Decisions that may seem controversial, such as leaving money to a pet, unequally distributing assets to children or siblings or leaving a family member out of a will all need to be addressed to prevent family squabbles in the future.
Though more families are discussing their estate plans, a whopping 79 percent of parents are not disclosing the exact amounts that they are leaving to their children, according to a recent poll by Ameriprise Financial. This can easily result in misunderstandings and unrealistic expectations when the time comes to distribute assets. Telling your children the specifics of their inheritance can help them develop and adjust their own estate plans.
For parents with children who are minors, having this discussion is even more important. While some parents worry that sharing estate plan information may lead children to make poor financial decisions, experts say it will help young children mentally prepare for the possibility of a tragic event.
Many people expect to inherit far more than what they receive. One reason for this is taxes. Putting your assets in an irrevocable trust is one way to ensure the value of your estate is not subject to state and federate estate taxes upon your death.
However, if this isn't an option for you, ensure that your family members have a realistic idea of the amounts they'll receive after taxes.
Ensure your will covers all caveats
Individuals who die intestate (without a will) leave inheritance up to state law. With more and more cases of blended families and adults with multiple ex-spouses, divvying up inheritance by intestate law may not accurately reflect the wishes of a family member who has passed. Setting expectations for your family may mean getting around to having your will drafted.
Those who have a will should ensure that it is updated and clear every few years.

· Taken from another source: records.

// "until" and "release" over all steps at once.
ghost use Rattle.std.specs.Prelude.{true, not, ◌&&◌, ◌||◌, ◌<◌, ◌^◌};
ghost use Rattle.cltl.specs.Rules.{fix};
ghost use Rattle.mask.specs.Mask.{on, Row};

use crate::Lasso;

impl Lasso {
    // The lap's turn: where no gap is met up to the end, what is true at the lap's first step.
    fn turned(self, r: u64, gap: u64) -> u64
        requires r_bound { (r < 2 ^ self.h) × (gap < 2 ^ self.h) }
        ensures { Row self.h result (λ s. on r s || (not (on gap s) && on r self.l)) }
    {
        if (r >> self.l) % 2 == 1 {
            r | self.complement(gap)
        } else {
            r
        }
    }

    // "until": straight on, over twice as many steps with each turn of the loop, and then round the lap. The loop stays a while: no range doubles.
    pub fn until_row(self, a: u64, b: u64) -> u64
        requires a_bound { (a < 2 ^ self.h) × (b < 2 ^ self.h) }
        ensures { Row self.h result (fix self.h self.l true (on a) (on b) self.h) }
    {
        let mut r = b;
        let mut gap = self.complement(a);
        let mut w = 1;
        while w < self.h {
            let ahead = r >> w;
            r |= ahead ^ (ahead & gap);
            gap |= gap >> w;
            w *= 2;
        }
        self.turned(r, gap)
    }

    // "until" (p) or "release": the complement of "until" over complements.
    pub fn fix_row(self, p: bool, a: u64, b: u64) -> u64
        requires a_bound { (a < 2 ^ self.h) × (b < 2 ^ self.h) }
        ensures { Row self.h result (fix self.h self.l p (on a) (on b) self.h) }
    {
        let until = self.until_row(self.flagged(p, a), self.flagged(p, b));
        self.flagged(p, until)
    }
}
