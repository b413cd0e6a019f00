// Truth rows over a lasso as masks: bit s is the truth at step s.
#![tactic(auto)]

mod lasso;
mod until;

ghost use Rattle.std.specs.Prelude.{true, not, ℕ, ◌<◌, ◌≤◌, ◌^◌};
ghost use Rattle.row.specs.Lasso.{next_step};
ghost use Rattle.cltl.specs.Rules.{join};
ghost use Rattle.mask.specs.Mask.{on, Row, signed};

pub use lasso::Lasso;

// True at every step. This and the three behind it ask only how many steps there are: no lap is needed for them.
pub fn full(h: usize) -> u64
    requires { (0 < h) × (h ≤ 64) }
    ensures { Row h result (λ s. true) }
{
    u64::MAX >> (64 - h)
}

// p at every step.
pub fn constant(p: bool, h: usize) -> u64
    requires { (0 < h) × (h ≤ 64) }
    ensures { Row h result (λ s. p) }
{
    if p { full(h) } else { 0 }
}

pub fn complement(a: u64, h: usize) -> u64
    requires h_nonzero { (0 < h) × (h ≤ 64) }
    requires a_bound { a < 2 ^ h }
    ensures { Row h result (λ s. not (on a s)) }
{
    a ^ full(h)
}

// The row itself (p) or its complement.
pub fn flagged(p: bool, a: u64, h: usize) -> u64
    requires h_nonzero { (0 < h) × (h ≤ 64) }
    requires a_bound { a < 2 ^ h }
    ensures { Row h result (λ s. signed p (on a s)) }
{
    if p { a } else { complement(a, h) }
}

// "and" (p) or "or".
pub fn join_row(p: bool, a: u64, b: u64) -> u64
    ensures { (h : ℕ) → a < 2 ^ h → b < 2 ^ h → Row h result (λ s. join p (on a s) (on b s)) }
{
    if p { a & b } else { a | b }
}

impl Lasso {
    // True at every step.
    pub fn full(self) -> u64
        ensures { Row self.h result (λ s. true) }
    {
        full(self.h)
    }

    // p at every step.
    pub fn constant(self, p: bool) -> u64
        ensures { Row self.h result (λ s. p) }
    {
        constant(p, self.h)
    }

    pub fn complement(self, a: u64) -> u64
        requires a_bound { a < 2 ^ self.h }
        ensures { Row self.h result (λ s. not (on a s)) }
    {
        complement(a, self.h)
    }

    // The row itself (p) or its complement.
    pub fn flagged(self, p: bool, a: u64) -> u64
        requires a_bound { a < 2 ^ self.h }
        ensures { Row self.h result (λ s. signed p (on a s)) }
    {
        flagged(p, a, self.h)
    }

    // What is true a step later, the lap's first step after the last.
    pub fn next_row(self, a: u64) -> u64
        requires a_bound { a < 2 ^ self.h }
        ensures { Row self.h result (λ s. on a (next_step self.h self.l s)) }
    {
        let last = self.h - 1;
        (a >> 1) | (((a >> self.l) % 2) << last)
    }
}
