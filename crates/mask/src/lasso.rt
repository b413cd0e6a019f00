// The steps that truth rows are over.
ghost use Rattle.std.specs.Prelude.{◌<◌, ◌≤◌};

// A lasso of h steps whose lap begins at l, short enough for a bit to each step.
#[derive(Clone, Copy)]
pub struct Lasso {
    pub h: usize,
    pub l: usize,
    pub ghost lap: { l < h },
    pub ghost short: { h ≤ 64 },
}
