//! Commands are taken, one at a time: each waits in memory with others until there is no room or a sync comes. A fresh
//! file takes the place of one that is full.
ghost use Rattle.std.specs.Prelude.{◌≡◌, ◌+◌, ◌<◌, ◌≤◌, ◌++◌, ◌^◌, [], ◌∷◌, None, IfOk, IfErr, OnOk, OnErr};
ghost use Rattle.snss_frames.specs.Frame.{frame_bytes};
ghost use Rattle.fresh_files.specs.Fresh.{frame_of, frame_length, IsWritten};
ghost use Rattle.fresh_files.specs.Rotation.{IsMomentOf};
ghost use Rattle.log_writer.specs.Faults.{plain};
ghost use Rattle.log_writer.specs.Waiting.{place_in, waiting_in};
ghost use Rattle.log_writer.specs.Steps.{extent_before, is_due, Takes, Unstepped};
ghost use Rattle.log_writer.specs.Log.{WhereRuns, LeavesGood, HasForeign, GoesOn, MakesRoom};
ghost use Rattle.log_writer.specs.Answers.{Answers, Makes, Lasts, StepsBy, write_call, extend_call, restate_call, writes, extends, rotates};
ghost use Rattle.log_writer.specs.Room.{Fits, Drafted};

use crate::fault::{JournalFault, Refused};
use crate::journal::{Extent, Journal, Present};
use crate::limits::Limits;
use crate::pending::PENDING_ROOM;
use crate::syncing::{append, first_of};
use crate::waiting::{draft, place_for};
use fresh_files::fresh_file;
use machine_law::Machine;
use session_disk::{Clock, SessionDisk};
use std::alloc::AllocError;

impl<M: Machine, D: SessionDisk> Journal<M, D> {
    /// Takes one command. It waits until there is no room for more or the journal is synced; the last one that waits
    /// goes where this one covers it. Where the file is full, a fresh one takes its place first, which takes time and
    /// memory in the state. A refusal hands the command back.
    pub fn write<C: Clock>(
        &mut self,
        clock: &mut C,
        command: M::Command,
    ) -> Result<(), Refused<M::Command>>
        requires { M.is_command command }
        ensures answers { Answers (write_call self.old command) self.old self.new (plain result) }
        ensures later { Lasts self.old self.new }
        ensures stepped { StepsBy command self.old self.new (plain result) }
        ensures back { IfErr result (λ refused. refused.command ≡ command) }
        ensures makes { Makes (write_call self.old command)
            (IsMomentOf C.modelled (C.moment clock.old)) self.old self.new (plain result) }
        ensures follows { WhereRuns self.old
            (GoesOn self.old self.new (writes self.old command) (command ∷ []) (plain result)) }
        ensures foreign { WhereRuns self.old (HasForeign self.old self.new) }
        ensures crash { WhereRuns self.old (LeavesGood self.old self.new) }
    {
        let room = match self.make_room(clock, &command) {
            Ok(room) => room,
            Err(fault) => return Err(Refused { command, fault }),
        };
        match take::<M>(&mut self.present, room.extent, room.size, &command) {
            Ok(()) => {
                self.pending.accept(room.place, command);
                Ok(())
            }
            Err(_) => Err(Refused {
                command,
                fault: JournalFault::Memory,
            }),
        }
    }

    // Puts the frame of a command behind what waits and makes room for it, in the file and among what waits.
    fn make_room<C: Clock>(
        &mut self,
        clock: &mut C,
        command: &M::Command,
    ) -> Result<Room, JournalFault>
        requires { M.is_command command.now }
        ensures answers { Answers (write_call self.old command.now) self.old self.new result }
        ensures later { Lasts self.old self.new }
        ensures unstepped { Unstepped self.old.present self.new.present }
        ensures makes { Makes (write_call self.old command.now)
            (IsMomentOf C.modelled (C.moment clock.old)) self.old self.new result }
        ensures fits { IfOk result (Fits self.new command.now) }
        ensures written { OnOk result (IsWritten M.kind command.now) }
        ensures room { WhereRuns self.old
            (MakesRoom self.old self.new (writes self.old command.now) command.now result) }
        ensures crash { WhereRuns self.old (LeavesGood self.old self.new) }
    {
        if let Some(first) = self.failed {
            return Err(JournalFault::AlreadyFailed(first));
        }
        let size = draft::<M>(&mut self.pending, command)? as u64;
        let place = place_for::<M>(&self.pending, command);
        let extent = self.present.behind(self.pending.whole, place);
        if is_due(&self.limits, &extent, size) {
            self.restate(clock, command, size)
        } else {
            self.extend(
                command,
                Room {
                    place,
                    extent,
                    size,
                },
            )
        }
    }

    // Makes room for a command behind those that are there, which are appended where what waits would be too much.
    fn extend(&mut self, command: &M::Command, room: Room) -> Result<Room, JournalFault>
        requires works { self.old.failed ≡ None }
        requires written { IsWritten M.kind command.now }
        requires drafted { Drafted self.old command.now room }
        requires few { room.extent.after + 1 ≤ self.old.limits.every }
        ensures answers { Answers (extend_call self.old command.now) self.old self.new result }
        ensures later { Lasts self.old self.new }
        ensures unstepped { self.new.present ≡ self.old.present }
        ensures fits { IfOk result (Fits self.new command.now) }
        ensures room { WhereRuns self.old
            (MakesRoom self.old self.new (extends self.old command.now) command.now result) }
        ensures crash { WhereRuns self.old (LeavesGood self.old self.new) }
    {
        let needed = room.extent.length + room.size;
        if needed > self.limits.max_file {
            return Err(JournalFault::TooLong { needed });
        }
        if room.place + room.size as usize <= PENDING_ROOM {
            return Ok(room);
        }
        let stamp = self.present.stamp;
        if let Err(error) = append(&mut self.disk, stamp, &mut self.pending, room.place) {
            self.failed = first_of(&self.disk, error);
            return Err(error.into());
        }
        Ok(Room { place: 0, ..room })
    }

    // Makes room for a command by a fresh file of the present state.
    fn restate<C: Clock>(
        &mut self,
        clock: &mut C,
        command: &M::Command,
        size: u64,
    ) -> Result<Room, JournalFault>
        requires works { self.old.failed ≡ None }
        requires written { IsWritten M.kind command.now }
        requires size { size ≡ frame_length M.kind command.now }
        requires drafted { self.old.pending.bytes.items ≡
            (waiting_in self.old.pending).bytes ++ frame_bytes (frame_of M.kind command.now) }
        ensures answers { Answers (restate_call self.old command.now) self.old self.new result }
        ensures later { Lasts self.old self.new }
        ensures unstepped { Unstepped self.old.present self.new.present }
        ensures makes { Makes (restate_call self.old command.now)
            (IsMomentOf C.modelled (C.moment clock.old)) self.old self.new result }
        ensures fits { IfOk result (Fits self.new command.now) }
        ensures room { WhereRuns self.old
            (MakesRoom self.old self.new (rotates self.old command.now) command.now result) }
        ensures crash { WhereRuns self.old (LeavesGood self.old self.new) }
    {
        let bytes = fresh_file::<M>(self.alloc, &self.present.state)?;
        let needed = bytes.len() as u64 + size;
        if needed > self.limits.max_file {
            return Err(JournalFault::TooLong { needed });
        }
        self.replace(clock, &bytes)?;
        let extent = self.present.behind(0, 0);
        Ok(Room {
            place: 0,
            extent,
            size,
        })
    }
}

// Where the frame of a command goes: its place among what waits, what is in front of it, and its bytes.
#[derive(Clone, Copy)]
pub(crate) struct Room {
    pub(crate) place: usize,
    pub(crate) extent: Extent,
    pub(crate) size: u64,
}

// Whether a frame of this size makes a rotation due behind so much.
fn is_due(limits: &Limits, extent: &Extent, size: u64) -> bool
    requires few { extent.now.after ≤ limits.now.every }
    requires short { extent.now.length ≤ limits.now.max_file }
    requires small { size < 2 ^ 63 }
    ensures { result ≡ is_due limits.now extent.now size }
{
    extent.after > 0 && (extent.after + 1 > limits.every || extent.length + size > limits.max_file)
}

// Steps the state by a command whose frame has this size and comes behind so much.
fn take<M: Machine>(
    present: &mut Present<M::State>,
    extent: Extent,
    size: u64,
    command: &M::Command,
) -> Result<(), AllocError>
    requires command { M.is_command command.now }
    requires size { size ≡ frame_length M.kind command.now }
    requires few { extent.after ≤ 2 ^ 40 }
    requires short { extent.length + size ≤ 2 ^ 40 }
    ensures ok { OnOk result (Takes M.kind present.old present.new extent command.now) }
    ensures err { OnErr result (present.new ≡ present.old) }
{
    M::apply(&mut present.state, command)?;
    present.count = present.count.saturating_add(1);
    present.after = extent.after + 1;
    present.length = extent.length + size;
    Ok(())
}
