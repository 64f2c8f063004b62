//! A fresh file of the state takes the place of a journal's file.
//! It comes where it is asked for, or where the next command would pass a limit.
ghost use Rattle.std.specs.Prelude.{◌≡◌, ◌<◌, ◌≤◌, ◌^◌, [], drop, length, None, OnOk};
ghost use Rattle.std.specs.List.{AllByRecursion};
ghost use Rattle.fresh_files.specs.Fresh.{fresh, IsWritten};
ghost use Rattle.fresh_files.specs.Rotation.{IsMomentOf};
ghost use Rattle.log_writer.specs.Waiting.{nothing, waiting_in};
ghost use Rattle.log_writer.specs.Log.{WhereRuns, LeavesGood, HasForeign, GoesOn};
ghost use Rattle.log_writer.specs.Answers.{Answers, Makes, Lasts, RestatesIn, compact_call, compacts, restates};

use crate::fault::{First, JournalFault};
use crate::journal::Journal;
use fresh_files::{RotationFault, fresh_file, rotate};
use machine_law::Machine;
use session_disk::{Clock, SessionDisk};

impl<M: Machine, D: SessionDisk> Journal<M, D> {
    /// Puts a fresh file of the present state in the place of the journal's, which takes time and memory in the state.
    pub fn compact<C: Clock>(&mut self, clock: &mut C) -> Result<(), JournalFault>
        ensures answers { Answers (compact_call self.old) self.old self.new result }
        ensures later { Lasts self.old self.new }
        ensures restated { RestatesIn (length (fresh M.kind self.old.present.state)) self.old self.new result }
        ensures makes { Makes (compact_call self.old)
            (IsMomentOf C.modelled (C.moment clock.old)) self.old self.new result }
        ensures follows { WhereRuns self.old (GoesOn self.old self.new (compacts self.old) [] result) }
        ensures foreign { WhereRuns self.old (HasForeign self.old self.new) }
        ensures crash { WhereRuns self.old (LeavesGood self.old self.new) }
    {
        if let Some(first) = self.failed {
            return Err(JournalFault::AlreadyFailed(first));
        }
        let bytes = fresh_file::<M>(self.alloc, &self.present.state)?;
        let needed = bytes.len() as u64;
        if needed > self.limits.max_file {
            return Err(JournalFault::TooLong { needed });
        }
        self.replace(clock, &bytes)
    }

    /// Puts a file with these bytes in the place of the journal's. What waits is dropped, since the state holds it.
    pub(crate) fn replace<C: Clock>(
        &mut self,
        clock: &mut C,
        bytes: &[u8],
    ) -> Result<(), JournalFault>
        requires works { self.old.failed ≡ None }
        requires short { length bytes.now ≤ self.old.limits.max_file }
        requires bytes { bytes.now ≡ fresh M.kind self.old.present.state }
        requires written { AllByRecursion (IsWritten M.kind) (M.kind.compaction self.old.present.state) }
        ensures answers { Answers (compact_call self.old) self.old self.new result }
        ensures later { Lasts self.old self.new }
        ensures restated { RestatesIn (length bytes.now) self.old self.new result }
        ensures makes { Makes (compact_call self.old)
            (IsMomentOf C.modelled (C.moment clock.old)) self.old self.new result }
        ensures empty { OnOk result (waiting_in self.new.pending ≡ nothing) }
        ensures drafted { OnOk result
            (self.new.pending.bytes.items ≡ drop self.old.pending.whole self.old.pending.bytes.items) }
        ensures follows { WhereRuns self.old (GoesOn self.old self.new (restates self.old) [] result) }
        ensures crash { WhereRuns self.old (LeavesGood self.old self.new) }
    {
        M::known_state(&self.present.state);
        match rotate(&mut self.disk, clock, bytes) {
            Ok(stamp) => {
                let whole = self.pending.whole;
                self.pending.leave(whole);
                self.present.stamp = stamp;
                self.present.after = 0;
                self.present.length = bytes.len() as u64;
                Ok(())
            }
            Err(RotationFault::LastStamp { stamp }) => Err(JournalFault::LastStamp { stamp }),
            Err(RotationFault::MemoryBefore) => Err(JournalFault::Memory),
            Err(RotationFault::MemoryAfter) => {
                self.failed = Some(First::Memory);
                Err(JournalFault::Memory)
            }
            Err(RotationFault::Disk) => {
                self.failed = Some(First::Disk {
                    failures: self.disk.failures(),
                });
                Err(JournalFault::Disk)
            }
        }
    }
}
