//! How frames come to wait, take the place of the last one, and leave when they were appended.
//! Only the drafting of a frame can find no memory.
ghost use Rattle.std.specs.Prelude.{◌≡◌, ◌+◌, ◌<◌, ◌≤◌, ◌++◌, [], length, take, drop, None, Some, IfOk, OnOk, OnErr};
ghost use Rattle.snss_frames.specs.Frame.{frame_bytes};
ghost use Rattle.fresh_files.specs.Fresh.{frame_of, frame_length, IsWritten};
ghost use Rattle.log_writer.specs.Waiting.{behind, last_behind, nothing, place_in, waiting_in};

use crate::pending::{LastFrame, PENDING_ROOM, Pending};
use fresh_files::push_frame;
use machine_law::Machine;
use snss_frames::{FRAME_HEAD, PAYLOAD_MAX};
use std::alloc::{AllocError, Global};

impl<C: Drop> Pending<C> {
    /// Nothing waits. The room is reserved, with that of a frame that isn't taken yet, so that none is later.
    pub(crate) fn new(alloc: Global) -> Result<Pending<C>, AllocError>
        ensures { IfOk result (λ pending. waiting_in pending ≡ nothing) }
    {
        Ok(Pending {
            bytes: Vec::with_capacity(alloc, PENDING_ROOM + FRAME_HEAD + PAYLOAD_MAX)?,
            whole: 0,
            last: None,
        })
    }

    /// What waits in front of a place.
    pub(crate) fn front(&self, place: usize) -> &[u8]
        requires { place ≤ self.now.whole }
        ensures { result.now ≡ take place (waiting_in self.now).bytes }
    {
        &self.bytes[..place]
    }

    /// The bytes in front of a place wait no more. A frame that isn't taken yet stays.
    pub(crate) fn leave(&mut self, place: usize)
        requires { place ≤ self.old.whole }
        ensures waiting { waiting_in self.new ≡ behind place (waiting_in self.old) }
        ensures bytes { self.new.bytes.items ≡ drop place self.old.bytes.items }
        ensures whole { self.new.whole + place ≡ self.old.whole }
    {
        self.bytes.drain(..place);
        self.whole -= place;
        self.last = last_behind(self.last.take(), place);
    }

    /// The frame that was drafted is taken, at a place among what waits; a frame that began there is gone.
    pub(crate) fn accept(&mut self, place: usize, command: C)
        requires place { place ≤ self.old.whole }
        requires drafted { self.old.whole < length self.old.bytes.items }
        ensures bytes { (waiting_in self.new).bytes ≡
            take place self.old.bytes.items ++ drop self.old.whole self.old.bytes.items }
        ensures last { self.new.last ≡ Some (record { place = place; command = command }) }
    {
        self.bytes.drain(place..self.whole);
        self.whole = self.bytes.len();
        self.last = Some(LastFrame { place, command });
    }
}

// The last frame, without so many bytes before it, unless it was among them.
fn last_behind<C: Drop>(last: Option<LastFrame<C>>, place: usize) -> Option<LastFrame<C>>
    ensures { result ≡ last_behind place last }
{
    let Some(mut last) = last else {
        return None;
    };
    if last.place < place {
        return None;
    }
    last.place -= place;
    Some(last)
}

/// Puts the frame of a command behind what waits, where it isn't taken yet, and says how many bytes it has. What stood
/// there goes.
pub(crate) fn draft<M: Machine>(
    pending: &mut Pending<M::Command>,
    command: &M::Command,
) -> Result<usize, AllocError>
    requires { M.is_command command.now }
    ensures waiting { waiting_in pending.new ≡ waiting_in pending.old }
    ensures drafted { OnOk result (pending.new.bytes.items ≡
        (waiting_in pending.old).bytes ++ frame_bytes (frame_of M.kind command.now)) }
    ensures whole { pending.new.whole ≡ pending.old.whole }
    ensures size { IfOk result (λ size. size ≡ frame_length M.kind command.now) }
    ensures written { OnOk result (IsWritten M.kind command.now) }
{
    pending.bytes.truncate(pending.whole);
    push_frame::<M>(command, &mut pending.bytes)?;
    Ok(pending.bytes.len() - pending.whole)
}

/// Where the frame of a command goes among what waits: in the place of the last frame, where it covers that, else
/// behind all.
pub(crate) fn place_for<M: Machine>(pending: &Pending<M::Command>, command: &M::Command) -> usize
    ensures { result ≡ place_in M.kind (waiting_in pending.now) command.now }
{
    if let Some(last) = &pending.last {
        if M::covers(&last.command, command) {
            return last.place;
        }
    }
    pending.whole
}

Choose a responsible executor
An Executor of a will manages the affairs of the person who has passed, including distributing the person's assets to beneficiaries. If you do not assign an executor, the court will appoint one. However, choosing a responsible executor with high integrity is a good way to help your family understand how your estate will be handled following your death.
If you aren't sure what expectations you have for setting your own estate plan, contact an attorney for advice. An estate planning attorney will be able to layout the important steps you should take to leave your family in good hands.